That is one _sketchy gnome._


----------



## Ferrix (Oct 30, 2004)

Thomas Hobbes said:
			
		

> That is one _sketchy gnome._




Heheheh...


----------



## Thomas Hobbes (Oct 30, 2004)

Just so you know,  Jerrick will take poorly to it if he sees you 'sploding anyone's eyeballs with _foule magicks._

Of course, my semantically inclined mind makes me wonder if that statement applies if you 'splode _his_ eyeballs.


----------



## Ferrix (Oct 30, 2004)

Thomas Hobbes said:
			
		

> Just so you know,  Jerrick will take poorly to it if he sees you 'sploding anyone's eyeballs with _foule magicks._
> 
> Of course, my semantically inclined mind makes me wonder if that statement applies if you 'splode _his_ eyeballs.




Don't worry about it, you'll never see it ;-)


----------



## jpwic (Oct 30, 2004)

Yeah and if my wolf suddenly turns hot pink I will know why


----------



## Ferrix (Oct 30, 2004)

jpwic said:
			
		

> Yeah and if my wolf suddenly turns hot pink I will know why




Must be missing the reference.


----------



## jpwic (Oct 30, 2004)

Gnomes = pranksters + illusions = Hot Pink wolf


----------



## Ferrix (Oct 30, 2004)

Ah... I wouldn't really call this gnome illusionist so much a prankster.

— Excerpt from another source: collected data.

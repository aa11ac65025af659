//! The process that watches.
ghost use Rattle.da_core.specs.Compiled.{IsCompiled, program_of};
ghost use Rattle.da_core.specs.StandsFor.{Whichever, program_of as core_program};
ghost use Rattle.da_lang.specs.declared.program.Program.{Program};
ghost use Rattle.da_lang.specs.Runs.{max_turns};
ghost use Rattle.da_lang.specs.World.{World, at_number, class_of as class_of_def};
ghost use Rattle.da_system.specs.Picking.{alternatives_of};
ghost use Rattle.da_values.specs.Value.{val_of};
ghost use Rattle.run_watch.specs.Beside.{HasCome, HasDone, HasMoved, IsFirst, IsThere};
ghost use Rattle.run_watch.specs.Watching.{begun, class_line as class_line_def, handed, handed_for, hears_all, is_said as is_said_def, message_from, own_move, quiet, quiet_val, settled, worn_out};
ghost use Rattle.std.specs.List.{list_any};
ghost use Rattle.std.specs.Option.{option_copied};
ghost use Rattle.std.specs.Prelude.{◌≡◌, ◌<◌, IfOk, OnOk, codes, false, length};

use da_core::{Compiled, Core, Place, StepFault, well_typed};
use da_lang::{Action, Class, FaultKind, ProcDecl, Program as Source};
use da_values::{List, NoMemory, Row, Str, Value};
use std::alloc::Global;
use trace_join::may_arrive;

/// So many moves may a watch make by itself after a message, and no more.
const MOST_MOVES: u32 = 1_000_000;

/// The process that watches, the last one of its program, beside a run. Each call adds what the watch does to a list.
#[derive(Drop)]
pub struct Watcher<'w> {
    alloc: Global,
    compiled: &'w Compiled,
    me: u16,
    core: Core<'w>,
    worn: bool,
}

impl<'w> Watcher<'w> {
    /// The watch before any event of the run: it has begun, and has made its moves. `NoMemory` comes where memory is refused, where
    /// a value would have 2^128 holders, and where a sum is outside an i128.
    pub fn begin(
        alloc: Global,
        compiled: &'w Compiled,
        out: &mut List<Action>,
    ) -> Result<Watcher<'w>, NoMemory>
        requires compiled { IsCompiled compiled.now }
        requires some { 0 < length (program_of compiled.now).procs }
        ensures { IfOk result (λ watch. HasDone (program_of compiled.now) (begun (program_of compiled.now)) watch out.old out.new) }
    {
        let me = last_process(compiled);
        let core = Core::start(alloc, compiled, me)?;
        let mut watcher = Watcher {
            alloc,
            compiled,
            me,
            core,
            worn: false,
        };
        watcher.settle(out)?;
        Ok(watcher)
    }

    /// Hands the watch what these actions put out, one after the other, and lets it move after each. `NoMemory` comes as of
    /// `begin`, and where one of them is no action of a run of its program: what is put out there is a value, and a process puts it
    /// out. After it no call says where the watch stands.
    pub fn hear(&mut self, actions: &[Action], out: &mut List<Action>) -> Result<(), NoMemory>
        requires { IsThere self.old }
        ensures { OnOk result ((program : Program) (w : World) → HasCome program w self.old
            → HasDone program (hears_all program w (handed program actions.now)) self.new out.old out.new) }
    {
        for action in actions {
            self.hear_one(action, out)?;
        }
        Ok(())
    }

    /// Hands the watch the message `('quiet',)` from itself, and lets it move. `NoMemory` comes as of `begin`.
    pub fn hear_quiet(&mut self, out: &mut List<Action>) -> Result<(), NoMemory>
        requires { IsThere self.old }
        ensures { OnOk result ((program : Program) (w : World) → HasCome program w self.old
            → HasDone program (hears_all program w (quiet program)) self.new out.old out.new) }
    {
        let message = quiet_message(self.alloc)?;
        let me = self.me;
        self.take(me, &message, out)?;
        Ok(())
    }

    // Hands the watch what one action puts out.
    fn hear_one(&mut self, action: &Action, out: &mut List<Action>) -> Result<(), NoMemory>
        requires { IsThere self.old }
        ensures { OnOk result ((program : Program) (w : World) → HasCome program w self.old
            → HasDone program (hears_all program w (handed_for program action.now)) self.new out.old out.new) }
    {
        let Action::Out { p, v } = action else {
            return Ok(());
        };
        self.take(*p, v, out)?;
        Ok(())
    }

    // Takes a value in from a process, if it is a message that may arrive, and moves. What no process can have put out is refused.
    fn take(&mut self, from: u16, value: &Value, out: &mut List<Action>) -> Result<(), NoMemory>
        requires { IsThere self.old }
        ensures { OnOk result ((program : Program) (w : World) → HasCome program w self.old
            → HasDone program (hears_all program w (message_from program from (val_of value.now))) self.new out.old out.new) }
    {
        let worn = self.worn;
        if worn {
            return Ok(());
        }
        if !well_typed(self.compiled, value) {
            return Ok(());
        }
        if !may_arrive(self.compiled, from, value) {
            return Err(NoMemory);
        }
        match self.core.deliver(from, 0, value, out) {
            Ok(_) => {}
            Err(StepFault::Forbidden) => return Ok(()),
            Err(StepFault::Memory | StepFault::Spent) => return Err(NoMemory),
        }
        self.settle(out)?;
        Ok(())
    }

    // Moves until no move is allowed. After so many a further one is one too many.
    fn settle(&mut self, out: &mut List<Action>) -> Result<(), NoMemory>
        requires there { IsThere self.old }
        requires unworn { self.old.worn ≡ false }
        ensures { OnOk result ((program : Program) (w : World) → HasCome program w self.old
            → HasDone program (settled program max_turns w) self.new out.old out.new) }
    {
        for _turn in 0..MOST_MOVES {
            let moved = self.make_first_move(out)?;
            if !moved {
                return Ok(());
            }
        }
        self.wear_out(out)?;
        Ok(())
    }

    // Makes the first move that is allowed, and says whether there is one.
    fn make_first_move(&mut self, out: &mut List<Action>) -> Result<bool, NoMemory>
        requires there { IsThere self.old }
        requires unworn { self.old.worn ≡ false }
        ensures moved { IfOk result (λ moved. (program : Program) (w : World) → HasCome program w self.old
            → HasMoved program w (own_move program w) moved self.new out.old out.new) }
        ensures unworn { self.new.worn ≡ false }
    {
        let found = first_move(&self.core);
        let Some(k) = found else {
            return Ok(false);
        };
        match self.core.make_move(k, out) {
            Ok(_) => Ok(true),
            Err(_) => Err(NoMemory),
        }
    }

    // Ends the process by a fault, if a move is allowed still.
    fn wear_out(&mut self, out: &mut List<Action>) -> Result<(), NoMemory>
        requires { self.old.worn ≡ false }
        ensures { OnOk result ((program : Program) (w : World) → HasCome program w self.old
            → HasDone program (worn_out program w (own_move program w)) self.new out.old out.new) }
    {
        let found = first_move(&self.core);
        let Some(_) = found else {
            return Ok(());
        };
        let fault = self.fault();
        out.push(fault)?;
        self.worn = true;
        Ok(())
    }

    // The fault that ends it.
    fn fault(&self) -> Action
        ensures { result ≡ Action.Fault self.now.me FaultKind.TooLong (class_line_def (class_of_def (program_of self.now.compiled.now) self.now.me)) }
    {
        let line = class_line(self.compiled, self.me);
        Action::Fault {
            p: self.me,
            kind: FaultKind::TooLong,
            line,
        }
    }
}

// The number of the last process.
fn last_process(compiled: &Compiled) -> u16
    requires { IsCompiled compiled.now }
    ensures { result ≡ length (program_of compiled.now).procs }
{
    let count = compiled.program().procs.len() as u16;
    count
}

// The least number of a move that is allowed, if one is.
fn first_move(core: &Core<'_>) -> Option<u32>
    ensures { Whichever core.now (λ w. IsFirst (core_program core.now) w result) }
{
    let goes = core.can_move(0);
    if goes {
        return Some(0);
    }
    let count = alternatives(core.place());
    for turn in 0..count {
        let takes = core.can_move(turn + 1);
        if takes {
            return Some(turn + 1);
        }
    }
    None
}

// How many alternatives there are to take.
fn alternatives(place: Place) -> u32
    ensures { result ≡ alternatives_of place }
{
    match place {
        Place::Await(count) => count,
        Place::New => 0,
        Place::Label => 0,
        Place::Ended => 0,
        Place::Faulted => 0,
    }
}

// The line of the class of a process, or 0 where there is no such process.
fn class_line(compiled: &Compiled, me: u16) -> u32
    ensures { result ≡ class_line_def (class_of_def (program_of compiled.now) me) }
{
    match class_of(compiled.program(), me) {
        Some(class) => class.line,
        None => 0,
    }
}

// The class of a process, or `None` where there is none.
fn class_of(program: &Source, me: u16) -> Option<&Class>
    ensures { option_copied result ≡ class_of_def program.now me }
{
    let decl = numbered(&program.procs, me)?;
    program.classes.get(usize::from(decl.class))
}

// The process of this number, counted from 1.
fn numbered(procs: &List<ProcDecl>, number: u16) -> Option<&ProcDecl>
    ensures { option_copied result ≡ at_number procs.now number }
{
    let place = usize::from(number).checked_sub(1)?;
    procs.get(place)
}

// `('quiet',)`
fn quiet_message(alloc: Global) -> Result<Value, NoMemory>
    ensures { IfOk result (λ value. val_of value ≡ quiet_val) }
{
    let word = quiet_word(alloc)?;
    let mut parts = Row::new(alloc);
    parts.push(Value::Text(word))?;
    Ok(Value::Tuple(parts))
}

fn quiet_word(alloc: Global) -> Result<Str, NoMemory>
    ensures { IfOk result (λ text. text ≡ codes "quiet") }
{
    match Str::from_bytes(alloc, b"quiet") {
        Ok(text) => Ok(text),
        Err(_) => Err(NoMemory),
    }
}

/// Whether one of some actions says something: it puts something out, or a fault ends the watch.
pub fn says_any(actions: &[Action]) -> bool
    ensures { result ≡ list_any is_said_def actions.now }
{
    for action in actions {
        if is_said(action) {
            return true;
        }
    }
    false
}

/// Whether a watch says something by an action: it puts something out, or a fault ends it.
pub fn is_said(action: &Action) -> bool
    ensures { result ≡ is_said_def action.now }
{
    matches!(action, Action::Out { .. } | Action::Fault { .. })
}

Also, for Jerrik to know what happened when the baddies eyes burst out nastily, he'll need to make a spellcraft check I imagine.


----------



## Thomas Hobbes (Oct 30, 2004)

Isn't it a touch spell?  I would think the causal link between the gnome touching the bad guy after a dark incantation, the bad guy's eyes exploding, and the gnome weakening suddenly would be strong enough to draw conclusions.


----------



## Ankh-Morpork Guard (Oct 30, 2004)

Alrighty...looked him over and that's good(including the variant Illusionist abilities, just make sure to remember what the costs are). You can go ahead and post him in the RG with the others.

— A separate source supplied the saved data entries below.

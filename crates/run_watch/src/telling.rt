//! What is told of a run beside a watch, event by event.
ghost use Rattle.da_core.specs.Compiled.{IsCompiled, program_of};
ghost use Rattle.da_lang.specs.declared.program.Program.{Program};
ghost use Rattle.da_lang.specs.World.{World};
ghost use Rattle.da_outside.specs.Outside.{Appends, AppendsPrefix, HasCause};
ghost use Rattle.da_system.specs.SourceRun.{src_run};
ghost use Rattle.da_system.specs.State.{IsReady, Stands, Whichever, program_of as system_program};
ghost use Rattle.da_system.specs.SystemStep.{SystemState};
ghost use Rattle.replay_run.specs.Replay.{HasEnded, outcome_of};
ghost use Rattle.run_watch.specs.Beside.{HasCome, IsThere, IsWatchOf};
ghost use Rattle.run_watch.specs.Telling.{told, told_at_end};
ghost use Rattle.run_watch.specs.TellingSteps.{AreTold, IsEventTold, IsStep, IsTold, said_text};
ghost use Rattle.sched_text.specs.ActionText.{action_text};
ghost use Rattle.std.specs.Prelude.{◌≡◌, ◌++◌, ◌∷◌, [], IfOk, OnOk};

use crate::watcher::{Watcher, is_said};
use da_core::Compiled;
use da_lang::{Action, Event};
use da_outside::{Sink, Trouble, write_all};
use da_system::{StepFault, System};
use da_values::{Buf, List, NoMemory};
use replay_run::Outcome;
use sched_text::write_action;
use schedule_walk::is_at_rest;
use std::alloc::Global;

/// How a run ends, and what is told of it.
#[derive(Drop)]
struct Told {
    outcome: Outcome,
    lines: Buf,
}

/// Runs the events from the opening of a program, with a watch beside it, and writes after each event its actions and what the
/// watch says of them: what it puts out, and a fault of its own. What it says at its beginning comes first, and at the end what
/// it says when all is quiet. Where an event is not allowed, the line that says so is the last.
pub fn tell_watched<K: Sink>(
    alloc: Global,
    compiled: &Compiled,
    watch: &Compiled,
    events: &[Event],
    sink: &mut K,
) -> Outcome
    requires compiled { IsCompiled compiled.now }
    requires watch { IsWatchOf (program_of compiled.now) watch.now }

    // The sink gained the lines of what is told, and it is `Forbidden` where the run of the events stops, at the event of this number.
    ensures told { HasEnded result → Appends (K.taken sink.old) (K.taken sink.new) (action_text (told (program_of compiled.now) (program_of watch.now) events.now)) }
    ensures stops { HasEnded result → result ≡ outcome_of (src_run (program_of compiled.now) events.now).stop }

    // However it ended, no more was written than a prefix of these lines.
    ensures prefix { AppendsPrefix (K.taken sink.old) (K.taken sink.new) (action_text (told (program_of compiled.now) (program_of watch.now) events.now)) }

    // `WriteFault` has its cause.
    ensures write { HasCause (K.faults sink.old) (K.faults sink.new) (result ≡ Outcome.WriteFault) }
{
    match tell(alloc, compiled, watch, events) {
        Ok(answer) => say(answer.lines.as_slice(), answer.outcome, sink),
        Err(_) => Outcome::Memory,
    }
}

// Writes the lines, with which the call ends so.
fn say<K: Sink>(lines: &[u8], outcome: Outcome, sink: &mut K) -> Outcome
    requires { HasEnded outcome }
    ensures said { HasEnded result → Appends (K.taken sink.old) (K.taken sink.new) lines.now }
    ensures same { HasEnded result → result ≡ outcome }
    ensures prefix { AppendsPrefix (K.taken sink.old) (K.taken sink.new) lines.now }
    ensures write { HasCause (K.faults sink.old) (K.faults sink.new) (result ≡ Outcome.WriteFault) }
{
    match write_all(sink, lines) {
        Ok(()) => outcome,
        Err(Trouble::Failed) => Outcome::WriteFault,
        Err(Trouble::Memory) => Outcome::Memory,
    }
}

// What is told of the events.
fn tell(
    alloc: Global,
    compiled: &Compiled,
    watch: &Compiled,
    events: &[Event],
) -> Result<Told, NoMemory>
    requires compiled { IsCompiled compiled.now }
    requires watch { IsWatchOf (program_of compiled.now) watch.now }
    ensures { IfOk result (λ answer. IsTold (program_of compiled.now) (program_of watch.now) events.now answer.outcome answer.lines) }
{
    let mut system = System::new(alloc, compiled)?;
    let mut begins = List::new(alloc);
    let mut watcher = Watcher::begin(alloc, watch, &mut begins)?;
    let mut lines = List::new(alloc);
    put_said(begins.as_slice(), &mut lines)?;
    let stop = tell_events(
        alloc,
        compiled,
        &mut system,
        &mut watcher,
        events,
        &mut lines,
    )?;
    Ok(Told {
        outcome: outcome_at(stop),
        lines,
    })
}

// How a run ends that stops there.
fn outcome_at(stop: Option<u64>) -> Outcome
    ensures { result ≡ outcome_of stop }
{
    match stop {
        None => Outcome::Done,
        Some(i) => Outcome::Forbidden(i),
    }
}

// Tells the events and the end, and answers the number of the event that is not allowed, if there is one.
fn tell_events(
    alloc: Global,
    compiled: &Compiled,
    system: &mut System<'_>,
    watcher: &mut Watcher<'_>,
    events: &[Event],
    lines: &mut Buf,
) -> Result<Option<u64>, NoMemory>
    requires compiled { IsCompiled compiled.now }
    requires program { system_program system.old ≡ program_of compiled.now }
    requires stands { (s : SystemState) × Stands system.old s }
    requires there { IsThere watcher.old }
    ensures { IfOk result (λ stop. Whichever system.old (λ s. (watch : Program) (w : World) → HasCome watch w watcher.old
        → AreTold (program_of compiled.now) watch s w events.now stop lines.old lines.new)) }
{
    for (place, event) in events.iter().enumerate() {
        let told = tell_event(alloc, system, watcher, event, lines)?;
        if !told {
            let number = place as u64 + 1;
            put_actions(&[Action::Stop { i: number }], lines)?;
            return Ok(Some(number));
        }
    }
    tell_end(alloc, compiled, system, watcher, lines)?;
    Ok(None)
}

// Carries an event out, and tells its actions and what the watch says of them. Whether it is allowed.
fn tell_event(
    alloc: Global,
    system: &mut System<'_>,
    watcher: &mut Watcher<'_>,
    event: &Event,
    lines: &mut Buf,
) -> Result<bool, NoMemory>
    requires ready { IsReady system.old }
    requires there { IsThere watcher.old }
    ensures told { IfOk result (λ told. Whichever system.old (λ s. (watch : Program) (w : World) → HasCome watch w watcher.old
        → IsEventTold (system_program system.old) watch s w event.now told system.new watcher.new lines.old lines.new)) }
    ensures program { system_program system.new ≡ system_program system.old }
{
    let found = step_of(alloc, system, event)?;
    let Some(actions) = found else {
        return Ok(false);
    };
    let seen = actions.as_slice();
    let mut heard = List::new(alloc);
    watcher.hear(seen, &mut heard)?;
    put_actions(seen, lines)?;
    put_said(heard.as_slice(), lines)?;
    Ok(true)
}

// Carries out an event, and answers its actions, or `None` where it is not allowed.
fn step_of(
    alloc: Global,
    system: &mut System<'_>,
    event: &Event,
) -> Result<Option<List<Action>>, NoMemory>
    requires { IsReady system.old }
    ensures stepped { IfOk result (λ found. Whichever system.old (λ s. IsStep (system_program system.old) s event.now found system.new)) }
    ensures program { system_program system.new ≡ system_program system.old }
{
    let mut actions = List::new(alloc);
    match system.step(event, &mut actions) {
        Ok(()) => Ok(Some(actions)),
        Err(StepFault::Forbidden) => Ok(None),
        Err(StepFault::Memory | StepFault::Spent) => Err(NoMemory),
    }
}

// Tells what the watch says when all is quiet, where it is.
fn tell_end(
    alloc: Global,
    compiled: &Compiled,
    system: &System<'_>,
    watcher: &mut Watcher<'_>,
    lines: &mut Buf,
) -> Result<(), NoMemory>
    requires compiled { IsCompiled compiled.now }
    requires program { system_program system.now ≡ program_of compiled.now }
    requires stands { (s : SystemState) × Stands system.now s }
    requires there { IsThere watcher.old }
    ensures { OnOk result (Whichever system.now (λ s. (watch : Program) (w : World) → HasCome watch w watcher.old
        → lines.new ≡ lines.old ++ action_text (told_at_end (system_program system.now) watch s w))) }
{
    let rests = is_at_rest(alloc, system, compiled)?;
    if !rests {
        return Ok(());
    }
    let mut heard = List::new(alloc);
    watcher.hear_quiet(&mut heard)?;
    put_said(heard.as_slice(), lines)?;
    Ok(())
}

// Appends the lines of some actions.
fn put_actions(actions: &[Action], out: &mut Buf) -> Result<(), NoMemory>
    ensures { OnOk result (out.new ≡ out.old ++ action_text actions.now) }
{
    for action in actions {
        write_action(action, out)?;
    }
    Ok(())
}

// Appends the lines of those that say something.
fn put_said(actions: &[Action], out: &mut Buf) -> Result<(), NoMemory>
    ensures { OnOk result (out.new ≡ out.old ++ said_text actions.now) }
{
    for action in actions {
        put_if_said(action, out)?;
    }
    Ok(())
}

// Appends the line of an action, if it says something.
fn put_if_said(action: &Action, out: &mut Buf) -> Result<(), NoMemory>
    ensures { OnOk result (out.new ≡ out.old ++ said_text (action.now ∷ [])) }
{
    if !is_said(action) {
        return Ok(());
    }
    write_action(action, out)?;
    Ok(())
}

With that, all 4 PCs are done...and that means two things:
1. HP shall be rolled.
2. Game can start.

As for 2, that should happen either later tonight or tommorrow depending.
But I shall roll HP for you right now. Begin praying. 

...end praying.
-Krog: 37hp (You can delete the spell section you aren't using yet if you want)
-Tanya: 28hp (Also, please post the stats for your animal companion with the character)
-Jerrick: 36hp (Could you try cleaning up the character sheet some? Took me a while to find your Str mod and such...)
-Hedwan: 21hp (Going to ask you to mark which spells are from non-Core books so its easy reference)


----------



## jpwic (Oct 30, 2004)

Ok, Ill just pull the wolf block from the SRD And write down the companion abilities for up to level 4. I'll fix them both when I get home from supprer, gotta leave soon.


----------



## Ferrix (Oct 30, 2004)

Thomas Hobbes said:
			
		

> Isn't it a touch spell?  I would think the causal link between the gnome touching the bad guy after a dark incantation, the bad guy's eyes exploding, and the gnome weakening suddenly would be strong enough to draw conclusions.




Well maybe, but that'd just be you jumping to conclusions.  

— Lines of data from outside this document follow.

//! A program's processes as one system, and its steps.
#![tactic(auto)]

mod channels;
mod choices;
mod counts;
mod looking;
mod network;
mod picking;
mod queue;
mod renewal;
mod system;

pub use channels::{may_arrive, may_lose, may_repeat};
pub use da_core::{Place, StepFault};
pub use queue::InFlight;
pub use system::System;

21 HP's, that's 4 + 8 = 12, +3d4 = 9 (averaging a 3 on each roll) not bad.
Will mark spells and their relevant books.


----------



## Ankh-Morpork Guard (Oct 30, 2004)

Ferrix said:
			
		

> Well maybe, but that'd just be you jumping to conclusions.
> 
> 21 HP's, that's 4 + 8 = 12, +3d4 = 9 (averaging a 3 on each roll) not bad.
> Will mark spells and their relevant books.



 I was almost worried with the first roll...but the next two were surprising. A 1 then two 4s.


----------



## Ferrix (Oct 30, 2004)

Ankh-Morpork Guard said:
			
		

> I was almost worried with the first roll...but the next two were surprising. A 1 then two 4s.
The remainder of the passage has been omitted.